Fergerson Sarah Smallwood, Jamieson Denise J, Lindsay Michael
Department of Gynecology and Obstetrics, Division of Maternal Fetal Medicine, Emory University School of Medicine, Atlanta, Ga 30303, USA.
Am J Obstet Gynecol. 2002 May;186(5):899-902. doi: 10.1067/mob.2002.123404.
The purpose of this study was to evaluate the efficacy of the Edinburgh Postnatal Depression Scale versus routine clinical evaluation to detect postpartum depression among a low-income inner-city population and to evaluate risk factors associated with a positive score on the Edinburgh Postnatal Depression Scale.
On the basis of the day of the month, all English-speaking patients who were seen for their postpartum visit were assigned either to routine clinical evaluation for postpartum depression or routine clinical evaluation plus the use of the 10-question Edinburgh Postnatal Depression Scale.

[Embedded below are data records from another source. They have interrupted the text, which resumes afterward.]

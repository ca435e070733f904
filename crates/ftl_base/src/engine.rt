ghost use Rattle.std.specs.Prelude.{◌≡◌, ℕ, length};
ghost use Rattle.ftl_model.specs.layout.Values.{Value};

use crate::truth::Truth;
use crate::val::Val;

/// What runs code on the rows of a stack by itself. It says for which room it may run, and which
/// values it may give.
pub trait Engine {
    ghost may_run: { Self → ℕ → Type 0 };

    ghost may_give: { Self → Value → Type 0 };

    /// Runs on two rows, whatever stands in them.
    fn run(self, values: &mut [Val], truths: &mut [Truth]) -> Val
        requires room { may_run self (length values.old) }
        requires even { length truths.old ≡ length values.old }
        ensures gives { may_give self result };
}
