//! Why a text is no document of a grammar.

ghost use Rattle.std.specs.Prelude.{◌≡◌};
ghost use Rattle.ftl_document.specs.declared.faults.fault.DocFault.TheVariants.{OutOfMemory};

use ftl_tokens::Name;
use std::alloc::{AllocError, AllocFailed};

/// The first fault of a document. Nodes are numbered from 0 in preorder.
#[derive(Drop)]
pub enum DocFault {
    /// More than 512 marks `{` are open after this place of the text, in bytes.
    TooDeep { at: u32 },
    /// There are more than 1048576 marks `{`, so many.
    TooManyNodes { count: u32 },
    /// The text is no document: the place in it, in bytes, where no document goes on so.
    Syntax { at: u32 },
    /// The grammar has no class of this name.
    UnknownClass { node: u32, name: Name },
    /// The node's class is of another interface than the one that is wanted where it stands.
    WrongInterface { node: u32, class: u32, wanted: u32 },
    /// The class has neither an input nor a child of this name.
    UnknownField { node: u32, name: Name },
    /// An earlier field of the node has this name.
    FieldTwice { node: u32, name: Name },
    /// A number for a child, a node or a list for an input, a node for a list child, or a list for
    /// a single child.
    FieldForm { node: u32, name: Name },
    /// The field of a child stands after that of a child that is declared later.
    FieldOrder { node: u32, name: Name },
    /// An input or a child of the class has no field.
    FieldMissing { node: u32, name: Name },
    /// All nodes together have more than 33554432 attributes, so many.
    TooManyInstances { count: u64 },
    /// No memory was left.
    OutOfMemory,
}

impl From<AllocError> for DocFault {
    ghost from_gives = { λ _ e. e ≡ OutOfMemory };

    fn from(_: AllocError) -> Self {
        DocFault::OutOfMemory
    }
}

impl<T: Drop> From<AllocFailed<T>> for DocFault {
    ghost from_gives = { λ _ e. e ≡ OutOfMemory };

    fn from(_: AllocFailed<T>) -> Self {
        DocFault::OutOfMemory
    }
}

During the 7-week study period, 72 women participated in the study: 35 women in the routine evaluation group and 37 women in the Edinburgh Postnatal Depression Scale group. Women who completed the Edinburgh Postnatal Depression Scale were significantly more likely than those in the routine evaluation group to be identified as being at risk for depression: 11 of 37 women (30%) versus 0 of 35 women (P <.001). A failed attempt at breast-feeding was associated with an increased risk of a score of > or =10 on the Edinburgh Postnatal Depression Scale (relative risk, 3.78; 95% CI, 1.03-13.89).
The Edinburgh Postnatal Depression Scale appears to be a valuable and efficient tool for the identification of patients who are at risk for postpartum depression.
本研究旨在评估爱丁堡产后抑郁量表相对于常规临床评估在检测低收入市中心人群产后抑郁方面的有效性,并评估与爱丁堡产后抑郁量表阳性评分相关的危险因素。
根据就诊日期,所有前来进行产后检查的英语患者被分配至产后抑郁常规临床评估组或常规临床评估加使用10项爱丁堡产后抑郁量表组。
在为期7周的研究期间,72名女性参与了研究:常规评估组35名女性,爱丁堡产后抑郁量表组37名女性。完成爱丁堡产后抑郁量表评估的女性比常规评估组女性更有可能被认定有抑郁风险:37名女性中有11名(30%),而35名女性中无一人(P<.001)。母乳喂养尝试失败与爱丁堡产后抑郁量表评分≥10分的风险增加相关(相对风险,3.78;95%可信区间,1.03 - 13.89)。
爱丁堡产后抑郁量表似乎是识别产后抑郁风险患者的一种有价值且有效的工具。